//! Keys removed from a map.
ghost use Rattle.std.specs.Prelude.{◌≡◌, ◌⊎◌, ◌+◌, ◌≤◌, ◌==◌, [], ℕ, Some, None, IfOk, IfErr, OnOk, OnErr, IsSome};
ghost use Rattle.std.specs.Prelude.{length};
ghost use Rattle.std.specs.FinMap as finite;
ghost use Rattle.group_history.specs.Map.{Entries};
ghost use Rattle.group_history.specs.Refs.{stamp_of};
ghost use Rattle.group_history.specs.Spelling.{map_at};
ghost use Rattle.group_history.specs.declared.mutators.Stop.TheVariants.{NoMemory};
ghost use Rattle.map_chunks.specs.Places.{Grows, AreAll, AreKept};
ghost use Rattle.map_tree.specs.Dels.{IsDel};
ghost use Rattle.map_tree.specs.Trees.{root_places, tree_places, root_map, root_depth, root_or, tree_map, root_levels};
ghost use Rattle.map_tree.specs.Trees.{tree_depth, tree_fresh, tree_levels, HasWideRoot, IsWide};
ghost use Rattle.map_nodes.specs.Levels.{placed_levels, RemovedLater};
ghost use Rattle.map_chunks.specs.Seeking.{chunk_depth};
ghost use Rattle.map_chunks.specs.Wide.{IsWideAt};

use super::{Root, Tree};
use group_history::{Ref, Stop};
use map_chunks::Chunks;
use map_chunks::placed::is_empty_placed;
use map_nodes::OwnRoot;
use std::alloc::Global;

impl Tree {
    /// Whether the map has no key. Takes no memory.
    pub fn is_empty<C: Chunks>(&self, chunks: &mut C) -> Result<bool, Stop>
        requires places { AreAll (C.places chunks.old) (tree_places self.now) }
        requires map { IsSome (tree_map (C.contents chunks.old) self.now) }
        ensures grown { Grows C.contents C.places chunks.old chunks.new }
        ensures value { (m : Entries) → tree_map (C.contents chunks.old) self.now ≡ Some m
            → IfOk result (λ b. b ≡ (length (finite.entries m) == 0)) }
        ensures stopped { IfErr result C.stops }
    {
        match &self.root {
            Root::Placed(at) => is_empty_placed(chunks, *at),
            Root::Own(node) => Ok(node.is_empty()),
        }
    }

    /// Removes a key, if it is there. New are only the chunks on the way to it. The placed ones are copied first; a
    /// chunk that has no row then leaves its parent, and a root with one child gives way to it, so the tree is no
    /// deeper than before. Where it stops, the map is as it was.
    pub fn del<C: Chunks>(&mut self, alloc: Global, chunks: &mut C, key: &str) -> Result<(), Stop>
        requires places { AreAll (C.places chunks.old) (tree_places self.old) }
        requires map { IsSome (tree_map (C.contents chunks.old) self.old) }
        ensures grown { Grows C.contents C.places chunks.old chunks.new }
        ensures ok { (m : Entries) → tree_map (C.contents chunks.old) self.old ≡ Some m
            → OnOk result (tree_map (C.contents chunks.new) self.new ≡ Some (finite.remove m key.now)) }
        ensures same { (m : Entries) → tree_map (C.contents chunks.old) self.old ≡ Some m → finite.get m key.now ≡ None
            → OnOk result (self.new ≡ self.old) }
        ensures few { (d : ℕ) → tree_depth (C.contents chunks.old) self.old ≡ Some d
            → OnOk result (tree_fresh self.new ≤ tree_fresh self.old + d) }
        ensures levels { OnOk result (IsDel (C.contents chunks.old) (C.contents chunks.new) self.old self.new) }
        ensures deep { (d : ℕ) → tree_depth (C.contents chunks.old) self.old ≡ Some d
            → OnOk result ((e : ℕ) × (tree_depth (C.contents chunks.new) self.new ≡ Some e) × (e ≤ d)) }
        ensures wide { HasWideRoot (C.contents chunks.old) self.old
            → OnOk result (HasWideRoot (C.contents chunks.new) self.new) }
        ensures places { OnOk result (AreKept (C.places chunks.new) (tree_places self.old) (tree_places self.new)) }
        ensures err { OnErr result (self.new ≡ self.old) }
        ensures stopped { IfErr result (λ s. (s ≡ NoMemory) ⊎ C.stops s) }
    {
        let sought = self.sought(chunks, key)?;
        if sought.is_there {
            return self.remove(alloc, chunks, key, sought.depth);
        }
        Ok(())
    }

    // Removes a key on a path of chunks that are the tree's own from then on. The tree is so deep.
    fn remove<C: Chunks>(
        &mut self,
        alloc: Global,
        chunks: &mut C,
        key: &str,
        depth: u64,
    ) -> Result<(), Stop>
        requires places { AreAll (C.places chunks.old) (tree_places self.old) }
        requires map { IsSome (tree_map (C.contents chunks.old) self.old) }
        requires depth { tree_depth (C.contents chunks.old) self.old ≡ Some depth }
        ensures grown { Grows C.contents C.places chunks.old chunks.new }
        ensures ok { (m : Entries) → tree_map (C.contents chunks.old) self.old ≡ Some m
            → OnOk result (tree_map (C.contents chunks.new) self.new ≡ Some (finite.remove m key.now)) }
        ensures levels { OnOk result ((e : ℕ) × (tree_depth (C.contents chunks.new) self.new ≡ Some e)
            × RemovedLater depth e (C.contents chunks.new) (tree_levels self.old) (tree_levels self.new)) }
        ensures wide { HasWideRoot (C.contents chunks.old) self.old
            → OnOk result (HasWideRoot (C.contents chunks.new) self.new) }
        ensures places { OnOk result (AreKept (C.places chunks.new) (tree_places self.old) (tree_places self.new)) }
        ensures err { OnErr result (self.new ≡ self.old) }
        ensures stopped { IfErr result (λ s. (s ≡ NoMemory) ⊎ C.stops s) }
    {
        match &mut self.root {
            Root::Own(node) => {
                let end = node.remove_root(alloc, chunks, key)?;
                self.root.give_way(end);
                return Ok(());
            }
            Root::Placed(at) => {
                self.root = root_without(alloc, chunks, *at, depth, key)?;
                return Ok(());
            }
        }
    }
}

// The root of a map without a key, where its root was placed and so deep.
fn root_without<C: Chunks>(
    alloc: Global,
    chunks: &mut C,
    at: Ref,
    depth: u64,
    key: &str,
) -> Result<Root, Stop>
    requires place { C.places chunks.old at }
    requires map { IsSome (map_at (C.contents chunks.old) (stamp_of at)) }
    requires depth { chunk_depth (C.contents chunks.old) (stamp_of at) ≡ Some depth }
    ensures grown { Grows C.contents C.places chunks.old chunks.new }
    ensures ok { (m : Entries) → map_at (C.contents chunks.old) (stamp_of at) ≡ Some m
        → IfOk result (λ root. root_map (C.contents chunks.new) root ≡ Some (finite.remove m key.now)) }
    ensures levels { IfOk result (λ root. (e : ℕ) × (root_depth (C.contents chunks.new) root ≡ Some e)
        × RemovedLater depth e (C.contents chunks.new) (λ p. placed_levels p depth (stamp_of at)) (root_levels root)) }
    ensures wide { IsWideAt (C.contents chunks.old) (stamp_of at) → IfOk result (IsWide (C.contents chunks.new)) }
    ensures places { IfOk result (λ root. AreKept (C.places chunks.new) [] (root_places root)) }
    ensures stopped { IfErr result (λ s. (s ≡ NoMemory) ⊎ C.stops s) }
{
    let mut node = OwnRoot::copied(alloc, chunks, at, depth)?;
    let end = node.remove_root(alloc, chunks, key)?;
    let mut root = Root::Own(node);
    root.give_way(end);
    Ok(root)
}

impl Root {
    // Gives way to the placed chunk, if there is one.
    fn give_way(&mut self, end: Option<Ref>)
        ensures { self.new ≡ root_or end self.old }
    {
        if let Some(at) = end {
            *self = Root::Placed(at);
        }
    }
}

--- --- ---

» Work to complete: Check each line of the material for "copied". Copy the ones that have it.

» Response area:
    /// Removes a key, if it is there. New are only the chunks on the way to it. The placed ones are copied first; a
    let mut node = OwnRoot::copied(alloc, chunks, at, depth)?;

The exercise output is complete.